◆ **Problem statement**: Go to the line containing "filename crates/folder/src/verdict.rt" in the records below and print it and every following line exactly, on through the line containing "output can't be", then stop.
═══ Task input
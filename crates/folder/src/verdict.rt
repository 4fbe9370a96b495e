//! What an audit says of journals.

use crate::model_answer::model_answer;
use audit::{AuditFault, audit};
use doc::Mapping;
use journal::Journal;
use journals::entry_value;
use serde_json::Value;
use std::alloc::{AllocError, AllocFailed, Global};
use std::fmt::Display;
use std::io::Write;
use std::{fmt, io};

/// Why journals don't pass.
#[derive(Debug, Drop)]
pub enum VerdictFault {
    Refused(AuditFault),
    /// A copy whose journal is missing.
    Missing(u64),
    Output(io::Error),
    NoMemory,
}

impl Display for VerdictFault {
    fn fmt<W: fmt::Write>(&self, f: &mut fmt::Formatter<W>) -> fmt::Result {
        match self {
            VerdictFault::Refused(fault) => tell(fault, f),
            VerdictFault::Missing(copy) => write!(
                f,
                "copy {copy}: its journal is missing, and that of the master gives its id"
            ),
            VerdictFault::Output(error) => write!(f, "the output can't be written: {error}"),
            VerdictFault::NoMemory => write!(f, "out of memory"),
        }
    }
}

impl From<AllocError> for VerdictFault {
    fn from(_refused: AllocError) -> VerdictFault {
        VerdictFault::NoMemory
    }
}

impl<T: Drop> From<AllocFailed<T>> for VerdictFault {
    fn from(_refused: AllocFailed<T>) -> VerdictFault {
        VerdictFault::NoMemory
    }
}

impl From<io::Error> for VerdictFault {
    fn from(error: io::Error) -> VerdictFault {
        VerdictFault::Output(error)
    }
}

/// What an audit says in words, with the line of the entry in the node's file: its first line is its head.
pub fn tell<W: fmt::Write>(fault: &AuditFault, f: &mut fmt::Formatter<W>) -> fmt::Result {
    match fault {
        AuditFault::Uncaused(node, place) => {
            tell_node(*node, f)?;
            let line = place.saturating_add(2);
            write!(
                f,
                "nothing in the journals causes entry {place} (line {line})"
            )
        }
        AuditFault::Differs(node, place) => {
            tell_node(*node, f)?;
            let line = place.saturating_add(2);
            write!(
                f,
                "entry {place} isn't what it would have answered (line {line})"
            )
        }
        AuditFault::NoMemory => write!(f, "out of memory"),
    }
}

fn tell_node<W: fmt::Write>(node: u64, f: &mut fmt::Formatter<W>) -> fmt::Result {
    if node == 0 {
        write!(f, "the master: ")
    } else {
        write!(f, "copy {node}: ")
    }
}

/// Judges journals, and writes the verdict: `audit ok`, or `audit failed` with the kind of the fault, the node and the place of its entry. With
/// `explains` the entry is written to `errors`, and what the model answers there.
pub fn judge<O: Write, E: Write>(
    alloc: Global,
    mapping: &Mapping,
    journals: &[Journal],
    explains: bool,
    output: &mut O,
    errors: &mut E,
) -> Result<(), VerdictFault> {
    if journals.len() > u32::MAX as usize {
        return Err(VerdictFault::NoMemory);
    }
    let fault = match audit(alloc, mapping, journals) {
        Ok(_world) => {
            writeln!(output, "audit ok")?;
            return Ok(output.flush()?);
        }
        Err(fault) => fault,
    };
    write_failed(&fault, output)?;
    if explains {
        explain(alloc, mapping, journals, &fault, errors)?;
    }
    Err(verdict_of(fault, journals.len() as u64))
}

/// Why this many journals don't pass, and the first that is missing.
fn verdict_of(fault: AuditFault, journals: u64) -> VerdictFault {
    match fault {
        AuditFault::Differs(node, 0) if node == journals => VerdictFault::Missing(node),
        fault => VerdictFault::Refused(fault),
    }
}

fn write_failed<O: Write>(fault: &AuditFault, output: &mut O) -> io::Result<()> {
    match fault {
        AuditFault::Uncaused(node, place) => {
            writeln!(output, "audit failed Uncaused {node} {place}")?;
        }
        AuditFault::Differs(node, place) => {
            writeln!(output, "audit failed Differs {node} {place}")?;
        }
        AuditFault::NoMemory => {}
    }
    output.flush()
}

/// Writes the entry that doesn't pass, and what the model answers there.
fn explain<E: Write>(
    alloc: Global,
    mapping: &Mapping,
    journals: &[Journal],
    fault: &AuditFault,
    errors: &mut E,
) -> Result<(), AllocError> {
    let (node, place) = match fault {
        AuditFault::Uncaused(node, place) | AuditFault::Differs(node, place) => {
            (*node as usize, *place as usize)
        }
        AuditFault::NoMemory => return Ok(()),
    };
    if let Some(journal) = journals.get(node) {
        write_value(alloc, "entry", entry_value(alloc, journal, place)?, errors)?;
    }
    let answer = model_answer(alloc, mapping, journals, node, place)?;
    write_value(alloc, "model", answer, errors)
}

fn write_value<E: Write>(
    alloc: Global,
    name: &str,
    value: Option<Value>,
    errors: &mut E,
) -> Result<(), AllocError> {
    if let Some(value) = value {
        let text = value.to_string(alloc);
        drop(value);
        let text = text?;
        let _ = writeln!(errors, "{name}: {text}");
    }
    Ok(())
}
══════
═══ Task input
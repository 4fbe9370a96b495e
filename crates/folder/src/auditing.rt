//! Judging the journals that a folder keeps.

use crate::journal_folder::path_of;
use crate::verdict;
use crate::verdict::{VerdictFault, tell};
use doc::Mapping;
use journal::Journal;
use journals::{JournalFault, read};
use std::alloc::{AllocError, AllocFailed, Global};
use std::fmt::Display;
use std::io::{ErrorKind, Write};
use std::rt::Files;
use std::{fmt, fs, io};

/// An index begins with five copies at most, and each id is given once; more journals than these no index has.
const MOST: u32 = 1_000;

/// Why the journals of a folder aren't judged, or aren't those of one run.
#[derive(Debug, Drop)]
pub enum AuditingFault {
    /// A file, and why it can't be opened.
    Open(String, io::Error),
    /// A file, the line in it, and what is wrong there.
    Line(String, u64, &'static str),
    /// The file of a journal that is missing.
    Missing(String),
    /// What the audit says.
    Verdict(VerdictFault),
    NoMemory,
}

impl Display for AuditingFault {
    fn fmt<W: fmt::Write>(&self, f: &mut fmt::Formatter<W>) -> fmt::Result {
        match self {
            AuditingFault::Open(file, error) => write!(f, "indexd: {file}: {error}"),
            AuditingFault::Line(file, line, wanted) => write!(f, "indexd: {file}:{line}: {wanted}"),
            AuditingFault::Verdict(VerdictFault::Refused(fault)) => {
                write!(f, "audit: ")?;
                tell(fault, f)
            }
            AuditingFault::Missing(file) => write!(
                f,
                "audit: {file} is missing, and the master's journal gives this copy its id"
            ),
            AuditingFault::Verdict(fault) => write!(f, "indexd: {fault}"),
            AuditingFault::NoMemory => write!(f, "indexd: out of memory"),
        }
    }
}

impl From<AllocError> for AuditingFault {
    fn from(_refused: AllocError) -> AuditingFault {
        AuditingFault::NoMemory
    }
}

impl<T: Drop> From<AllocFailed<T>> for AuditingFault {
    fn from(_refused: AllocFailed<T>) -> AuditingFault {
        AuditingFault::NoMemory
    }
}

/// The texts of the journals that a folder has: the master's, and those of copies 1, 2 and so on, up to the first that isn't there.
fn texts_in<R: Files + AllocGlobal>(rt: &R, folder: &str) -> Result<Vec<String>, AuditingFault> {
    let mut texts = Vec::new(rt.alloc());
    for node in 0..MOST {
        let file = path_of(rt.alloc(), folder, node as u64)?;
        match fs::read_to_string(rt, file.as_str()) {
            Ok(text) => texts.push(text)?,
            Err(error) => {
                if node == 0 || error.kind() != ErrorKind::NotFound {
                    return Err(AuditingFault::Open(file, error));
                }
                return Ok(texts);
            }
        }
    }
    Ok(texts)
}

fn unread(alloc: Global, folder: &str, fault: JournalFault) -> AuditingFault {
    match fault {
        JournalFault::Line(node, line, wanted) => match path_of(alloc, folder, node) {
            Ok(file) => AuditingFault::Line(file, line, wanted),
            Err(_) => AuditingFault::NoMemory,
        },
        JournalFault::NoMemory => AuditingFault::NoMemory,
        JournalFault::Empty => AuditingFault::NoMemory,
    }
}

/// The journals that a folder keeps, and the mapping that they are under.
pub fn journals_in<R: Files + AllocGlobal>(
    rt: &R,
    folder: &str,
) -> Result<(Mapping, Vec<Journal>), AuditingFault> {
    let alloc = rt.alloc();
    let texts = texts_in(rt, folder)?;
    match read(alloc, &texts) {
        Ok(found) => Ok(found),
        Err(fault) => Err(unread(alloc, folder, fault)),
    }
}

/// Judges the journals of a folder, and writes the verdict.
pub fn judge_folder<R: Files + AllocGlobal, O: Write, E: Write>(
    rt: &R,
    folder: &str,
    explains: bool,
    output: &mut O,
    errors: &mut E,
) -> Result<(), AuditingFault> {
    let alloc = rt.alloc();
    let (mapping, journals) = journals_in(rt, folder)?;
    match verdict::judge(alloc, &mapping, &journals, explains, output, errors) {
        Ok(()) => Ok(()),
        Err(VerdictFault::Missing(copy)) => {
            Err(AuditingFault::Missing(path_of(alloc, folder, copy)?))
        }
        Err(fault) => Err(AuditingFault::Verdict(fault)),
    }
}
══════
◆ **Your solution**:
filename crates/folder/src/verdict.rt
repository 4fbe9370a96b495e
//! What an audit says of journals.

use crate::model_answer::model_answer;
use audit::{AuditFault, audit};
use doc::Mapping;
use journal::Journal;
use journals::entry_value;
use serde_json::Value;
use std::alloc::{AllocError, AllocFailed, Global};
use std::fmt::Display;
use std::io::Write;
use std::{fmt, io};

/// Why journals don't pass.
#[derive(Debug, Drop)]
pub enum VerdictFault {
    Refused(AuditFault),
    /// A copy whose journal is missing.
    Missing(u64),
    Output(io::Error),
    NoMemory,
}

impl Display for VerdictFault {
    fn fmt<W: fmt::Write>(&self, f: &mut fmt::Formatter<W>) -> fmt::Result {
        match self {
            VerdictFault::Refused(fault) => tell(fault, f),
            VerdictFault::Missing(copy) => write!(
                f,
                "copy {copy}: its journal is missing, and that of the master gives its id"
            ),
            VerdictFault::Output(error) => write!(f, "the output can't be written: {error}"),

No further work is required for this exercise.